Estudos
vêm desvendando processo da memória
Todas
as informações que utilizamos em nosso dia-a-dia estão
relacionadas à memória. São dados novos que
precisam ser armazenados, por alguns milésimos de segundo
ou por décadas, ou conhecimentos que são recuperados
em nossos arquivos cerebrais para dar sentido aos acontecimentos
que nos cercam. Esse processo é feito de forma cruzada e
simultânea, em que múltiplas memórias estão
envolvidas. Ao ler este texto, por exemplo, o leitor utiliza seus
aprendizados de leitura já automatizados, interpreta os grupos
de palavras de acordo com conhecimentos preliminares, aprende coisas
novas e armazena os significados contidos nos parágrafos
anteriores para dar sentido aos posteriores. Enquanto isso, o corpo
não se esquece de manter a respiração e a circulação
ativas, enquanto os olhos decodificam os símbolos ou letras,
que formam as palavras escritas. Já pensou se todas essas
tarefas fossem comandadas por um computador? Certamente teríamos
que reiniciar a máquina por diversas vezes ou então
tentar fazer cada coisa ao seu tempo.
Os
processos envolvidos nos vários tipos
de memória estão sendo aos poucos desvendados
pelos cientistas, mas os estudos não são simples de
serem realizados. As descobertas são baseadas, principalmente,
em testes com animais ou observações em humanos que
possuem lesões cerebrais, frutos de acidentes ou mal formações.

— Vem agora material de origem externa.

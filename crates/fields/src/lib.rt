// Rule 5: each word of the table keeps its own field rules.
#![tactic(auto, unfolding(rulebook::specs::Reasons::own_fields))]

ghost use Rattle.std.specs.Prelude.{◌≡◌, length};
ghost use Rattle.rulebook.specs.Table.{table_length, at_port, at_network, at_waits, at_source, at_expression, at_rule, at_list, at_item};
ghost use Rattle.rulebook.specs.Reasons.{own_fields, lowest};
ghost use Rattle.words.specs.Parts.{part_of};

use scan::first_broken;
use words::expressions::is_operator;
use words::numbers::{
    CONDITION_AT_OR_ABOVE, CONDITION_CLEARED, CONDITION_SET, ITEM_ASK, ITEM_CALL, ITEM_CLEAR,
    ITEM_LIST, ITEM_RULE, ITEM_STOP, OPERATOR_NOT, PORT_MODE, PORT_TIMER,
};
use words::parts::Part;
use words::table::Table;

#[tactic(auto, unfolding(rulebook::specs::Reasons::own_fields, rulebook::specs::Reasons::port_fields))]
fn port_fields(t: &Table, p: u32) -> bool
    ensures { result ≡ own_fields t.now.words (at_port p) }
{
    let port = t.port(p);
    (port.kind <= PORT_TIMER)
        & ((port.has_initial == 1) & (port.kind == PORT_MODE)
            | !(port.has_initial == 1) & (port.initial == 0))
        & ((port.kind == PORT_TIMER) & (1 <= port.reload)
            | !(port.kind == PORT_TIMER) & (port.reload == 0))
        & (!(port.kind == PORT_TIMER) | (port.deferred == 1))
}

fn network_fields(t: &Table, n: u32) -> bool
    ensures { result ≡ own_fields t.now.words (at_network n) }
{
    t.network(n).zero == 0
}

fn waits_fields(t: &Table, n: u32) -> bool
    ensures { result ≡ own_fields t.now.words (at_waits n) }
{
    let waits = t.waits(n);
    (1 <= waits.l1) & (1 <= waits.l2) & (1 <= waits.e_ticks)
}

fn source_fields(t: &Table, k: u32) -> bool
    ensures { result ≡ own_fields t.now.words (at_source k) }
{
    t.source(k).zero == 0
}

#[tactic(auto, unfolding(rulebook::specs::Reasons::own_fields, rulebook::specs::Reasons::expression_fields, rulebook::specs::Expressions::operator))]
fn expression_fields(t: &Table, e: u32) -> bool
    ensures { result ≡ own_fields t.now.words (at_expression e) }
{
    let expression = t.expression(e);
    let condition = !is_operator(expression.kind);
    (expression.kind <= CONDITION_AT_OR_ABOVE)
        & (!condition | (expression.zero == 0))
        & (!((CONDITION_SET <= expression.kind) & (expression.kind <= CONDITION_CLEARED))
            | (expression.value == 0))
        & (!(expression.kind == OPERATOR_NOT) | (expression.right == 0))
}

fn rule_fields(t: &Table, r: u32) -> bool
    ensures { result ≡ own_fields t.now.words (at_rule r) }
{
    t.rule(r).first_result <= 2
}

fn list_fields(t: &Table, l: u32) -> bool
    ensures { result ≡ own_fields t.now.words (at_list l) }
{
    1 <= t.list(l).item_count
}

#[tactic(auto, unfolding(rulebook::specs::Reasons::own_fields, rulebook::specs::Reasons::item_fields))]
fn item_fields(t: &Table, i: u32) -> bool
    ensures { result ≡ own_fields t.now.words (at_item i) }
{
    let item = t.item(i);
    (item.kind <= ITEM_RULE)
        & (!(item.kind != ITEM_CALL) | (item.abort == 0))
        & (!(item.kind == ITEM_CALL) | (item.a == 0))
        & (!((ITEM_CLEAR <= item.kind) & (item.kind <= ITEM_STOP)) | (item.b == 0))
        & (!(item.kind == ITEM_ASK) | (item.b <= 2))
        & (!((ITEM_LIST <= item.kind) & (item.kind <= ITEM_RULE)) | (item.b == 0))
}

// Whether a word keeps rule 5.
fn own_fields(t: &Table, part: Part) -> bool
    ensures { result ≡ own_fields t.now.words (part_of part) }
{
    match part {
        Part::Header => true,
        Part::Port(p) => port_fields(t, p),
        Part::Network(n) => network_fields(t, n),
        Part::Waits(n) => waits_fields(t, n),
        Part::Source(k) => source_fields(t, k),
        Part::Expression(e) => expression_fields(t, e),
        Part::Rule(r) => rule_fields(t, r),
        Part::List(l) => list_fields(t, l),
        Part::Item(i) => item_fields(t, i),
    }
}

// The place of the first word that breaks rule 5; the length where none does.
pub fn first_misfit(t: &Table) -> usize
    requires { length t.now.words ≡ table_length t.now.words }
    ensures { result ≡ lowest own_fields t.now.words }
{
    first_broken(t, |part| own_fields(t, part))
}
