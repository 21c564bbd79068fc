// The scan of a table for the first word that breaks a rule, whatever the rule.
#![tactic(auto)]

ghost use Rattle.std.specs.Prelude.{◌≡◌, ℕ, Bool, List, length};
ghost use Rattle.rulebook.specs.Table.{Part as RulebookPart, table_length};
ghost use Rattle.rulebook.specs.Reasons.{lowest};
ghost use Rattle.scan.specs.Judging.{Judges};

use words::parts::Part;
use words::table::Table;

// The place of the first word that does not keep the rule by which `keeps` judges each part; the length where none does.
pub fn first_broken<F: Fn(Part) -> bool>(t: &Table, keeps: F) -> usize
    requires whole { length t.now.words ≡ table_length t.now.words }
    requires callable { F.IsAlwaysCallable keeps }
    ensures { (rule : List ℕ → RulebookPart → Bool) → Judges (F.post keeps) rule t.now.words → result ≡ lowest rule t.now.words }
{
    let end = t.length();
    'scan: {
        for i in 0..end {
            if !keeps(t.part(i)) {
                break 'scan i;
            }
        }
        end
    }
}
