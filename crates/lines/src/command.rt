// The commands that a line can give; patterns and thresholds are the bits of binary32 numbers. Plain
// numbers and no keys or windows: this crate stands on no other.
#[derive(Clone, Copy, Debug, PartialEq, Eq)]
pub enum Command {
    Insert {
        epoch: u64,
        number: u32,
        pattern: u32,
    },
    Change {
        epoch: u64,
        number: u32,
        pattern: u32,
    },
    Delete {
        epoch: u64,
        number: u32,
    },
    Sum {
        lo: u64,
        hi: u64,
    },
    First {
        lo: u64,
        hi: u64,
        places: u8,
    },
    Range {
        lo: u64,
        hi: u64,
        threshold: u32,
    },
}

De maneira geral, os resultados obtidos em ratos, chimpanzés
e pombos - apenas para citar os mais utilizados -, em que lesões
são provocadas ou drogas são injetadas, são
extrapolados para humanos, já que os mecanismos são
semelhantes, embora não sejam os mesmos. A memória
tem basicamente as mesmas funções, ou seja, promove
a adaptação do ser ao meio, contribuindo para a sua
sobrevivência. No caso dos humanos, "a complexidade é
maior pela participação da linguagem, e pela modulação
por sentimentos, emoções e estados de ânimo",
pontua Ivan Izquierdo, coordenador do Centro de Memória da
Universidade Federal do Rio Grande do Sul (UFRGS),
A partir
da década de 1970, a neurociência passou a contar com
técnicas de imagem cerebral, como a tomografia por emissão
de pôsitrons (PET) e a ressonância magnética
funcional (fMRI) que evidenciam algumas áreas envolvidas
nos processos ligados à memória. Embora esses recursos
tenham contribuído para compreender quais áreas estão
envolvidas nas etapas de aquisição da informação,
consolidação e evocação (memória,
propriamente dita), poucos acreditam que haja uma correspondência
direta entre uma região do cérebro com a função
que exerce, tamanha é a complexidade do nosso aparelho cerebral.
Quando
falamos em memória, insistem os pesquisadores, não
falamos em informações que são guardadas intactas,
mas fragmentos ou traços que são armazenados e recuperados
em forma de memória. "Formamos novas memórias
sobre outras mais antigas, eventualmente modificando-as e inventando
mentiras verídicas", explica Izquierdo, um dos maiores
estudiosos sobre o assunto do país. Isso equivale dizer que
as memórias não são amostras fiéis de
fatos reais mas construções que são modificadas
conforme o contexto em que são recuperadas e em meio a um
intenso trânsito de sinapses (espaço entre neurônios,
onde ocorre a transferência de informações em
forma de impulsos elétricos).
Um
sem números de cheiros, sabores, objetos, rostos, conhecimentos,
sons, tatos, medos, números, comportamentos e cenários
vão sendo estocados em nosso cérebro. Ele é
capaz de nos remeter à infância, em questão
de segundos, quando sentimos um cheiro familiar. Somos capazes de
lembrar o momento exato em que aquele perfume fazia parte de nossas
vidas. Isso quer dizer que de nada valeria tanta informação
guardada se ela não pudesse ser rapidamente recuperada. Izquierdo
explica que, no momento da evocação de uma memória,
forma-se um percurso sináptico em que cada sinapse possui
um caminho de reações bioquímicas, como se
cada lembrança tivesse uma reação em cascata
própria, um trajeto que a localizasse em meio a tantas informações.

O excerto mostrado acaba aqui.